というのは、今回、敵基地攻撃を持つということが閣議で決まりましたけれども、実際のところ、自衛隊というのは、もうずっと長年にわたって専守防衛でやってきたわけですから、そもそも外国の基地がどこにあるかということを正確に分かる情報を持ってないわけですよね。そうすると、敵基地攻撃というのは、少なくともアメリカ軍の情報と重ねていかなければできないものであるということが言えると。
また、アメリカが今目指している統合抑止という考えの中では、これはアメリカ軍の中の一体化というだけじゃなくて、同盟国の軍事力も活用するということを含んでいると思います。
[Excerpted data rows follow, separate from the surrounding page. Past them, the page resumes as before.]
// Live nogoods by id.
ghost use Rattle.std.specs.Prelude.{◌≡◌, ◌+◌, ◌&&◌, ◌∷◌, ◌++◌, [], MatchOption, None, OnErr, OnOk, Some};
ghost use Rattle.std.specs.List.{filter, list_any};
ghost use Rattle.derivation_meaning.specs.State.{is_empty};
ghost use Rattle.proof_checker.specs.inner.Merged as spec;
ghost use Rattle.proof_checker.specs.inner.Replay.{found_in};

use crate::live::Live;
use literals::Nogood;
use std::alloc::Global;
use std::marker::Model;
use symbols::{Listed, Memory};

/// The next id, and the live nogoods by id.
///
/// Those that are held and those that pass stand apart, so that an `r` line lets the latter go in one step.
#[derive(Debug, Drop)]
pub(crate) struct Table {
    coming: u128,
    held: Listed<Live>,
    passing: Listed<Live>,
}

impl Model for Table {
    ghost use Rattle.proof_checker.specs.inner.Merged.{IsTable, Kept, merged};

    ghost Value = { Kept };

    ghost view = { λ t. record { next = t.coming; live = merged t.held t.passing } };

    ghost invariant = { λ t. IsTable t.coming t.held t.passing };
}

// Whether it is the empty nogood, held.
fn is_held_empty(live: &Live) -> bool
    ensures { result ≡ (live.now.is_held && is_empty live.now.nogood) }
{
    live.is_held && live.nogood.lits().is_empty()
}

// Whether the empty nogood is held among these.
fn any_is_empty(live: &[Live]) -> bool
    ensures { result ≡ list_any (λ one. one.is_held && is_empty one.nogood) live.now }
{
    live.iter().any(|one| is_held_empty(one))
}

// The place of the id among nogoods whose ids ascend: how many have a smaller one.
fn place_of(live: &[Live], id: u128) -> usize
    requires { spec.Ascend live.now }
    ensures { spec.IsPlace live.now id result }
{
    live.partition_point(|one| one.id < id)
}

// The nogood of the id among those whose ids ascend.
#[tactic(auto, using(crate::proofs::TableLemmas::found_end, crate::proofs::TableLemmas::found_at))]
fn find_in(live: &[Live], id: u128) -> Option<&Nogood>
    requires { spec.Ascend live.now }
    ensures { MatchOption result (found_in live.now id ≡ None) (λ nogood. found_in live.now id ≡ Some nogood.now) }
{
    let at = place_of(live, id);
    if at >= live.len() {
        return None;
    }
    let one = &live[at];
    if one.id == id {
        Some(&one.nogood)
    } else {
        None
    }
}

// Adds a nogood under the next id to a list.
fn push_next(
    list: &mut Listed<Live>,
    coming: &mut u128,
    nogood: Nogood,
    is_held: bool,
    is_learned: bool,
) -> Result<(), Memory>
    ensures ok { OnOk result (list.new ≡ list.old ++ record { id = coming.old; nogood = nogood; is_held = is_held; is_learned = is_learned } ∷ []) }
    ensures next { OnOk result (coming.new ≡ coming.old + 1) }
    ensures err { OnErr result (list.new ≡ list.old) }
    ensures same { OnErr result (coming.new ≡ coming.old) }
{
    let Some(next) = coming.checked_add(1) else {
        return Err(Memory);
    };
    list.push(Live {
        id: *coming,
        nogood,
        is_held,
        is_learned,
    })?;
    *coming = next;
    Ok(())
}

impl Table {
    /// The table that has no nogood yet; the first will have the id 1.
    #[tactic(auto, using(crate::proofs::TableLemmas::none_table))]
    pub(crate) fn new(alloc: Global) -> Table
        ensures { result ≡ record { next = 1; live = [] } }
    {
        Table {
            coming: 1,
            held: Listed::new(alloc),
            passing: Listed::new(alloc),
        }
    }

    /// The nogood of the id, if it is live. It takes time logarithmic in the live nogoods.
    #[tactic(auto, using(crate::proofs::TableLemmas::found_merged))]
    pub(crate) fn find(&self, id: u64) -> Option<&Nogood>
        ensures { MatchOption result (found_in self.now.live id ≡ None) (λ nogood. found_in self.now.live id ≡ Some nogood.now) }
    {
        match find_in(self.held.items(), u128::from(id)) {
            Some(nogood) => Some(nogood),
            None => find_in(self.passing.items(), u128::from(id)),
        }
    }

    /// Lets those go that are not held. It takes no memory, and time linear in those that go.
    #[tactic(auto, using(crate::proofs::TableLemmas::settled_table, crate::proofs::TableLemmas::settled_live))]
    pub(crate) fn settle(&mut self)
        ensures { self.new ≡ record self.old { live = filter (λ one. one.is_held) self.old.live } }
    {
        self.passing.truncate(0);
    }

    /// Adds a nogood under the next id.
    #[tactic(auto, using(crate::proofs::TableLemmas::held_table, crate::proofs::TableLemmas::passing_table, crate::proofs::TableLemmas::held_live, crate::proofs::TableLemmas::passing_live))]
    pub(crate) fn add(
        &mut self,
        nogood: Nogood,
        is_held: bool,
        is_learned: bool,
    ) -> Result<(), Memory>
        ensures ok { OnOk result (self.new ≡ record { next = self.old.next + 1; live = self.old.live ++ record { id = self.old.next; nogood = nogood; is_held = is_held; is_learned = is_learned } ∷ [] }) }
        ensures err { OnErr result (self.new ≡ self.old) }
    {
        if is_held {
            push_next(&mut self.held, &mut self.coming, nogood, true, is_learned)?;
            Ok(())
        } else {
            push_next(
                &mut self.passing,
                &mut self.coming,
                nogood,
                false,
                is_learned,
            )?;
            Ok(())
        }
    }

    /// Whether the empty nogood is held. It looks at each that is.
    #[tactic(auto, using(crate::proofs::TableLemmas::held_any))]
    pub(crate) fn holds_empty(&self) -> bool
        ensures { result ≡ list_any (λ one. one.is_held && is_empty one.nogood) self.now.live }
    {
        any_is_empty(self.held.items())
    }
}
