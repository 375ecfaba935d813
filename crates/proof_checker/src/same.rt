// Lists of literals that are equal.
ghost use Rattle.std.specs.Prelude.{◌≡◌, ◌↔◌, length, IsTrue};
ghost use Rattle.std.specs.Cmp.Lexicographic.{pointwise};
ghost use Rattle.literals.specs.Lits as spec;

use literals::{Lit, implies};

// Whether the two are one literal.
fn same_lit(a: Lit, b: Lit) -> bool
    ensures { result ≡ spec.same_lit a b }
{
    implies(a, b) && implies(b, a)
}

// Whether two lists of one length have the same literals.
fn agree(a: &[Lit], b: &[Lit]) -> bool
    requires { length a.now ≡ length b.now }
    ensures { result ≡ pointwise spec.same_lit a.now b.now }
{
    for at in 0..a.len() {
        if !same_lit(a[at], b[at]) {
            return false;
        }
    }
    true
}

// Whether the two are one list.
#[tactic(auto, using(crate::proofs::SameLemmas::same_lists, crate::proofs::SameLemmas::equal_lists, crate::proofs::SameLemmas::equal_lengths))]
pub(crate) fn are_same(a: &[Lit], b: &[Lit]) -> bool
    ensures { IsTrue result ↔ (a.now ≡ b.now) }
{
    a.len() == b.len() && agree(a, b)
}
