// The first cause for which a line is refused.
ghost use Rattle.std.specs.Prelude.{◌≡◌, ◌↔◌, None, IfErr, IfOk, IsTrue, OnOk};
ghost use Rattle.literals.specs.Nogoods.{IsNogood};
ghost use Rattle.linear_normal.specs.Numbering.{numbering};
ghost use Rattle.derivation.specs.Lists.{lits_of};
ghost use Rattle.derivation.specs.declared.line.Line.TheVariants as l;
ghost use Rattle.derivation_meaning.specs.Valid.{IsBetterAnswer, IsLearned, IsNewAnswer, IsValid};
ghost use Rattle.proof_checker.specs.Checking.{IsRefusedFor};
ghost use Rattle.proof_checker.specs.inner.Judging.{IsChainRefused, IsRuled};
ghost use Rattle.proof_checker.specs.inner.View.{state_of};

use crate::answer_lines::{is_answer_line, is_cost_of, last_cost, names_values};
use crate::answers::{answer_of, improves, is_given};
use crate::chain::{are_live, is_learned};
use crate::lines::is_allowed;
use crate::refused::Refused;
use crate::state::PlainState;
use derivation::Line;
use ground_model::GroundProgram;
use linear_normal::Numbered;
use literals::Lit;
use std::alloc::Global;
use symbols::Memory;

// Judges an `r` line.
fn judge_chain(
    alloc: Global,
    state: &PlainState,
    id: u64,
    links: &[(Lit, u64)],
    lits: &[Lit],
) -> Result<(), Refused>
    ensures valid { OnOk result (IsLearned (state_of state.now) id links.now lits.now) }
    ensures refused { IfErr result (λ why. IsChainRefused (state_of state.now) id links.now lits.now why) }
{
    if !are_live(state, id, links) {
        return Err(Refused::UnknownId);
    }
    if !is_learned(alloc, state, id, links, lits)? {
        return Err(Refused::NotImplied);
    }
    Ok(())
}

// Judges an `m` line.
#[tactic(auto, using(crate::proofs::JudgeLemmas::answer_wrong_kind, crate::proofs::JudgeLemmas::answer_wrong, crate::proofs::JudgeLemmas::answer_repeated, crate::proofs::JudgeLemmas::answer_new))]
fn judge_answer(
    alloc: Global,
    program: &GroundProgram,
    state: &PlainState,
    atoms: &[u32],
    values: &[(u32, i32)],
) -> Result<(), Refused>
    requires { state.now.claim ≡ None }
    ensures valid { OnOk result (IsNewAnswer program.now (state_of state.now) atoms.now values.now) }
    ensures refused { IfErr result (λ why. IsRefusedFor program.now (state_of state.now) (l.Answer atoms.now values.now) why) }
{
    if program.has_objective {
        return Err(Refused::WrongObjective);
    }
    let answer = answer_of(alloc, atoms, values)?;
    if !is_answer_line(alloc, program, &answer, atoms, values)? {
        return Err(Refused::WrongAnswer);
    }
    if is_given(state.answers.items(), &answer) {
        return Err(Refused::RepeatedAnswer);
    }
    Ok(())
}

// Judges an `o` line.
#[tactic(auto, using(crate::proofs::JudgeLemmas::better_wrong_kind, crate::proofs::JudgeLemmas::unnamed_wrong, crate::proofs::JudgeLemmas::better_wrong_cost, crate::proofs::JudgeLemmas::better_no_model, crate::proofs::JudgeLemmas::better_valid))]
fn judge_better(
    alloc: Global,
    program: &GroundProgram,
    state: &PlainState,
    cost: i128,
    atoms: &[u32],
    values: &[(u32, i32)],
) -> Result<(), Refused>
    requires { state.now.claim ≡ None }
    ensures valid { OnOk result (IsBetterAnswer program.now (state_of state.now) cost atoms.now values.now) }
    ensures refused { IfErr result (λ why. IsRefusedFor program.now (state_of state.now) (l.Better cost atoms.now values.now) why) }
{
    if !program.has_objective {
        return Err(Refused::WrongObjective);
    }
    let answer = answer_of(alloc, atoms, values)?;
    if !names_values(program, &answer, values) {
        return Err(Refused::WrongAnswer);
    }
    if !is_cost_of(program, &answer, cost) || !improves(last_cost(state), cost) {
        return Err(Refused::WrongObjective);
    }
    if !is_answer_line(alloc, program, &answer, atoms, values)? {
        return Err(Refused::WrongAnswer);
    }
    Ok(())
}

// Judges a line whose rule alone decides.
#[tactic(auto, using(crate::proofs::JudgeLemmas::ruled_valid, crate::proofs::JudgeLemmas::ruled_refused))]
fn judge_rule(
    program: &GroundProgram,
    numbered: &Numbered,
    state: &PlainState,
    line: &Line,
) -> Result<(), Refused>
    requires literals { IsNogood (lits_of line.now) }
    requires numbered { numbered.now ≡ numbering program.now }
    requires unclaimed { state.now.claim ≡ None }
    requires ruled { IsRuled line.now }
    ensures valid { OnOk result (IsValid program.now (state_of state.now) line.now) }
    ensures refused { IfErr result (λ why. IsRefusedFor program.now (state_of state.now) line.now why) }
{
    if is_allowed(program, numbered, state, line) {
        Ok(())
    } else {
        Err(Refused::NotImplied)
    }
}

// Judges a line: it is valid, or refused for the first cause that stands.
#[tactic(auto, using(crate::proofs::JudgeLemmas::after_end))]
pub(crate) fn judge(
    alloc: Global,
    program: &GroundProgram,
    numbered: &Numbered,
    state: &PlainState,
    line: &Line,
) -> Result<(), Refused>
    requires literals { IsNogood (lits_of line.now) }
    requires numbered { numbered.now ≡ numbering program.now }
    ensures valid { OnOk result (IsValid program.now (state_of state.now) line.now) }
    ensures refused { IfErr result (λ why. IsRefusedFor program.now (state_of state.now) line.now why) }
{
    if state.claim.is_some() {
        return Err(Refused::AfterEnd);
    }
    match line {
        Line::Learned(id, links, lits) => {
            judge_chain(alloc, state, *id, links.items(), lits.items())
        }
        Line::Answer(atoms, values) => {
            judge_answer(alloc, program, state, atoms.items(), values.items())
        }
        Line::Better(cost, atoms, values) => {
            judge_better(alloc, program, state, *cost, atoms.items(), values.items())
        }
        Line::Header(..)
        | Line::Sum(..)
        | Line::Distinct(..)
        | Line::Window(..)
        | Line::Pair(..)
        | Line::Loop(..)
        | Line::Hole(..)
        | Line::EndNone
        | Line::EndAll(_)
        | Line::EndBest(_) => judge_rule(program, numbered, state, line),
    }
}

// Whether the line is valid.
#[tactic(auto, using(crate::proofs::JudgeLemmas::refused_invalid))]
pub(crate) fn is_valid_line(
    alloc: Global,
    program: &GroundProgram,
    numbered: &Numbered,
    state: &PlainState,
    line: &Line,
) -> Result<bool, Memory>
    requires literals { IsNogood (lits_of line.now) }
    requires numbered { numbered.now ≡ numbering program.now }
    ensures { IfOk result (λ yes. IsTrue yes ↔ IsValid program.now (state_of state.now) line.now) }
{
    match judge(alloc, program, numbered, state, line) {
        Ok(()) => Ok(true),
        Err(Refused::Memory) => Err(Memory),
        Err(_) => Ok(false),
    }
}
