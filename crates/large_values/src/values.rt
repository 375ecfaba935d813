// The least and the greatest value of a linear term over the ends.
ghost use Rattle.std.specs.Prelude.{◌≡◌, ◌&&◌, ◌+◌, ◌+ℤ◌, ◌<◌, ◌≤◌, ◌^◌, not, length, map, unsigned_abs};
ghost use Rattle.std.specs.List.{AllByRecursion, list_any};
ghost use Rattle.ground_model.specs.Sound.{is_small as small_test, least_product as least_product_of, greatest_product as greatest_product_of, least_sum, greatest_sum};
ghost use Rattle.program_meaning.specs.Outside.{is_small_within};
ghost use Rattle.program_meaning.specs.Said.{linear_in, place_in};
ghost use Rattle.collected_terms.specs.Found.{IsKnownLinear};
ghost use Rattle.large_values.specs.inner.Numbers.{AreSmallPairs};

use program_meaning::{CollectedPlace, SymbolLinear};
use symbols::{Ends, SymbolTable};

/// Whether a value of the first place of some tuple, whose variables lie within the ends, does not lie strictly between
/// -2^62 and 2^62.
pub fn has_large_value(ends: Ends, places: &[CollectedPlace], symbols: &SymbolTable) -> bool
    requires known { AllByRecursion (λ place. IsKnownLinear symbols.now place.linear) places.now }
    ensures { result ≡ list_any (λ place. not (is_small_within ends place.linear)) (map (place_in symbols.now) places.now) }
{
    for at in 0..places.len() {
        if !is_small_over(ends, &places[at].linear, symbols) {
            return true;
        }
    }
    false
}

// Whether the least and the greatest value of a linear term are small.
fn is_small_over(ends: Ends, linear: &SymbolLinear, symbols: &SymbolTable) -> bool
    requires { IsKnownLinear symbols.now linear.now }
    ensures { result ≡ is_small_within ends (linear_in symbols.now linear.now) }
{
    let _count = symbols.len();
    is_small_sum(ends, linear)
}

// The same of a linear term with few pairs and small numbers.
fn is_small_sum(ends: Ends, linear: &SymbolLinear) -> bool
    requires pairs { AreSmallPairs linear.now.pairs }
    requires constant { unsigned_abs linear.now.constant < 2 ^ 62 }
    requires few { length linear.now.pairs < 2 ^ 32 }
    ensures { result ≡ (small_test (least_sum ends linear.now.pairs +ℤ linear.now.constant) && small_test (greatest_sum ends linear.now.pairs +ℤ linear.now.constant)) }
{
    is_small(least_value(ends, linear)) && is_small(greatest_value(ends, linear))
}

// Whether a number lies strictly between -2^62 and 2^62.
fn is_small(number: i128) -> bool
    ensures { result ≡ small_test number }
{
    -4_611_686_018_427_387_904 < number && number < 4_611_686_018_427_387_904
}

// The least value of a linear term.
fn least_value(ends: Ends, linear: &SymbolLinear) -> i128
    requires pairs { AreSmallPairs linear.now.pairs }
    requires constant { unsigned_abs linear.now.constant < 2 ^ 62 }
    requires few { length linear.now.pairs < 2 ^ 32 }
    ensures { result ≡ least_sum ends linear.now.pairs +ℤ linear.now.constant }
{
    let mut sum = i128::from(linear.constant);
    for (_, coefficient) in linear.pairs.items() {
        sum += least_product(ends, *coefficient);
    }
    sum
}

// The greatest value of a linear term.
fn greatest_value(ends: Ends, linear: &SymbolLinear) -> i128
    requires pairs { AreSmallPairs linear.now.pairs }
    requires constant { unsigned_abs linear.now.constant < 2 ^ 62 }
    requires few { length linear.now.pairs < 2 ^ 32 }
    ensures { result ≡ greatest_sum ends linear.now.pairs +ℤ linear.now.constant }
{
    let mut sum = i128::from(linear.constant);
    for (_, coefficient) in linear.pairs.items() {
        sum += greatest_product(ends, *coefficient);
    }
    sum
}

// The least of a coefficient times the numbers within the ends.
fn least_product(ends: Ends, coefficient: i64) -> i128
    requires { unsigned_abs coefficient < 2 ^ 62 }
    ensures value { result ≡ least_product_of ends coefficient }
    ensures size { unsigned_abs result ≤ 2 ^ 92 }
{
    if coefficient >= 0 {
        i128::from(coefficient) * i128::from(ends.min)
    } else {
        i128::from(coefficient) * i128::from(ends.max)
    }
}

// The greatest of a coefficient times the numbers within the ends.
fn greatest_product(ends: Ends, coefficient: i64) -> i128
    requires { unsigned_abs coefficient < 2 ^ 62 }
    ensures value { result ≡ greatest_product_of ends coefficient }
    ensures size { unsigned_abs result ≤ 2 ^ 92 }
{
    if coefficient >= 0 {
        i128::from(coefficient) * i128::from(ends.max)
    } else {
        i128::from(coefficient) * i128::from(ends.min)
    }
}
しばらく前に、防衛予算の中で、衛星コンステレーションの話が出てきました。これはアメリカが考えている、弾道ミサイルを探知、発射、飛翔、着弾まで全部この数百個の衛星で宇宙空間から監視をするというものなんですね。これ、日本も参加を検討している項目でありまして、ここに参加をするというのは、これ低い軌道の衛星なので、大体五年ぐらいしか寿命がもたないんですね。数百個の衛星をアメリカだけで打ち上げるというのはこれ財政的に困難だということもあり、つまり、アメリカ製のミサイル防衛システムを導入している日本は、現在アメリカから早期警戒衛星の情報を常にもらっているわけで、じゃ、日本もそこの衛星コンステレーションに参加をして、そして協力をしろというような話が当然出てくるのは当たり前のことですよね。
ですから、日米豪といった枠組み、そこにインドも入ればクアッドになりますけれど、こういった形でアメリカが考えているこういったIAMD構想に入っていくためには日本の協力が欠かせない。その上で長射程のミサイルを持てばアメリカ軍の能力と平仄が合ってくると。だから、非常に第二米軍としての使い勝手のいい組織に自衛隊が変わるんだなということがだんだん見えてきたかというふうに思います。